When bridging network interfaces, they become essentially logically the same network. Using OpenVPN tap tunnel allows remote network to also join the same L2 network elsewhere, but because L2 is chatty, there will be non-stop traffic going in and out of the OpenVPN tunnel, due to all the L2 activities, like ARP, IGMP requests traffic, etc.
At the remote tunnel end, you will essentially have two separate networks and likely two or more bridges.
In the above L2 bridged scenario, smcroute should not be required.
Given I have found instructions for both L2 tunnels, L2TPv3 and OpenVPN/TAP, I will try the L2 bridge option. Do either of you have a preference? Based on the instruction set, is one more current and will have less issues with newer builds of openwrt? Or any other considerations?

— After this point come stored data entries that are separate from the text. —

//! A session: a configuration, the version of the session's texts, and the last entry.

ghost use Rattle.std.specs.Prelude.{◌≡◌, ℕ, List, ◌++◌, [], Err, IfErr, IfOk, IfSome, OnOk, OnErr};
ghost use Rattle.smx_model.specs.DriverList.{IsDriverList};
ghost use Rattle.smx_model.specs.KeptConfigurations.{IsKept};
ghost use Rattle.smx_model.specs.Views.{view};
ghost use Rattle.smx_text.specs.GrowingTranscripts.{BeginsTranscript};
ghost use Rattle.smx_text.specs.TranscriptText.{IsSpellableView};
ghost use Rattle.smx_words.specs.Spellable.{FitsEntry};
ghost use Rattle.smx_session.specs.Sessions.{HasNoLine, IsLastLine, IsNotPerformed, Performs, StartsAs, State};
ghost use Rattle.smx_session.specs.Sessions.{shown_lines};
ghost use Rattle.smx_session.specs.declared.faults.EntryFault.TheVariants.{NoEntry};

use crate::faults::{EntryFault, LineFault, StartFault};
use smx_config::Config;
use smx_text::{read_programs, transcript_opening, write_view};
use smx_types::{ConfigView, DriverSpec, Entry, NoMemory, Version};
use smx_words::{Spell, call_of_line};
use std::alloc::Global;
use std::marker::Model;

/// A configuration on which the commands of lines are performed. Contracts see the version of the session's texts, the
/// drivers, the configuration and the last entry.
#[derive(Debug, Drop)]
pub struct Session {
    version: Version,
    config: Config,
    last: Option<Entry>,
}

impl Model for Session {
    ghost Value = { State };

    ghost view = { λ s. record {
      version = s.version;
      drivers = s.config.drivers;
      configuration = s.config.configuration;
      last = s.last;
    } };
}

impl Session {
    /// Creates a session with the drivers and the version of a text of programs. Nothing is open, and the programs are
    /// not run. Fails with the first fault of the text, if the text has one. Otherwise fails with the first fault of
    /// its drivers, if they have one. Can also fail because it is out of memory.
    pub fn new(alloc: Global, programs: &[u8]) -> Result<Session, StartFault>
        ensures { StartsAs programs.now result }
    {
        let programs = read_programs(alloc, programs)?;
        let config = Config::new(alloc, programs.drivers())?;
        Ok(Session {
            version: programs.version(),
            config,
            last: None,
        })
    }

    /// Performs the command of a line, and keeps the entry: the process, the command and the reply. The line is
    /// `PROCESS COMMAND`, like the part of an entry's line before the `=`. Fails with `NoCommand` exactly if the line
    /// is not a process and a command of the session's version. Otherwise fails only because it is out of memory. A
    /// failure changes nothing.
    pub fn perform(&mut self, alloc: Global, line: &[u8]) -> Result<(), LineFault>
        ensures ok { OnOk result (Performs self.old line.now self.new) }
        ensures err { OnErr result (self.new ≡ self.old) }
        ensures none { IfErr result (IsNotPerformed self.old.version line.now) }
    {
        let Some((process, command)) = call_of_line(alloc, self.version, line)? else {
            return Err(LineFault::NoCommand);
        };
        let reply = self.config.step(process, &command)?;
        self.last = Some(Entry {
            process,
            command,
            reply,
        });
        Ok(())
    }

    /// Returns the view of the configuration: its parts, as lists of lines. Fails only if it is out of memory.
    pub fn show(&self) -> Result<ConfigView, NoMemory>
        ensures view { IfOk result (λ v. v ≡ view self.now.drivers self.now.configuration) }
        ensures kept { IsKept self.now.drivers self.now.configuration }
    {
        self.config.show()
    }

    /// Returns the version of the session's texts. Takes no memory.
    pub fn version(&self) -> Version
        ensures { result ≡ self.now.version }
    {
        self.version
    }

    /// Returns the drivers, which no line changes. Takes no memory.
    pub fn drivers(&self) -> &[DriverSpec]
        ensures value { result.now ≡ self.now.drivers }
        ensures valid { IsDriverList self.now.drivers }
    {
        self.config.drivers()
    }

    /// Returns the beginning of the session's transcript: the header and a line for each driver. Fails only if it is
    /// out of memory.
    pub fn opening(&self, alloc: Global) -> Result<Vec<u8>, NoMemory>
        ensures { IfOk result (λ v. BeginsTranscript self.now.version self.now.drivers [] v.items) }
    {
        transcript_opening(alloc, self.version(), self.drivers())
    }

    /// Returns the line of the last entry, with its line feed. Fails if there is no entry yet, or if it is out of
    /// memory.
    pub fn entry(&self, alloc: Global) -> Result<Vec<u8>, EntryFault>
        ensures line { IfOk result (λ v. IsLastLine self.now v.items) }
        ensures none { IfErr result (HasNoLine self.now) }
    {
        let mut text = Vec::new(alloc);
        self.write_entry(&mut text)?;
        Ok(text)
    }

    /// Appends the line of the last entry, with its line feed, to `out`. Fails if there is no entry yet; `out` is then
    /// unchanged. Also fails if it is out of memory; `out` may then contain anything.
    pub fn write_entry(&self, out: &mut Vec<u8>) -> Result<(), EntryFault>
        ensures written { OnOk result ((line : List ℕ) × IsLastLine self.now line
            × (out.new.items ≡ out.old.items ++ line)) }
        ensures fits { OnOk result (IfSome self.now.last FitsEntry) }
        ensures none { IfErr result (HasNoLine self.now) }
        ensures kept { result ≡ Err NoEntry → out.new.items ≡ out.old.items }
    {
        let Some(entry) = &self.last else {
            return Err(EntryFault::NoEntry);
        };
        match entry.write_line(out) {
            Ok(()) => Ok(()),
            Err(_) => Err(EntryFault::NoMemory),
        }
    }

    /// Returns the lines of the configuration, as in a transcript from `config` on, without the last line `end`.
    /// Fails only if it is out of memory.
    pub fn shown(&self, alloc: Global) -> Result<Vec<u8>, NoMemory>
        ensures written { IfOk result (λ v. v.items ≡ shown_lines self.now) }
        ensures spellable { OnOk result (IsSpellableView (view self.now.drivers self.now.configuration)) }
    {
        let view = self.show()?;
        let mut text = Vec::new(alloc);
        write_view(&mut text, &view)?;
        Ok(text)
    }
}
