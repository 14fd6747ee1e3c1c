//! Sessions. A session performs the commands of lines on its configuration, one line after the other. The configuration
//! can be shown at any time.
#![tactic(auto)]

mod faults;
pub mod laws_of_sessions;
mod session;

pub use faults::{EntryFault, LineFault, StartFault};
pub use session::Session;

@thema5on : I really admire your courage and I guess you might be one of the few persons ever to multicast this way over an OpenWRT VPN. Myself I worked 25 years as multicast developer and I must admit: it is not a simple protocol but an amazing (perhaps only) good one for things like, for example, live video and stock exchange information distribution. Getting multicast to work in any specific requirement is a challenge (beginning with understanding IGMP and multicast routing protocol aspects), certainly on DIY consumer equipment. But, I have a lot of confidence in open source software and its developers, especially OpenWRT, which/who never disappointed me to fulfill the, agreed, modest requirements ever I needed (like LAN multicasting DVB input with VLC or replacing provider gateway with OpenWRT including IP multicast TV). Again, each setup is a potential specific different challenge and I wish you good luck.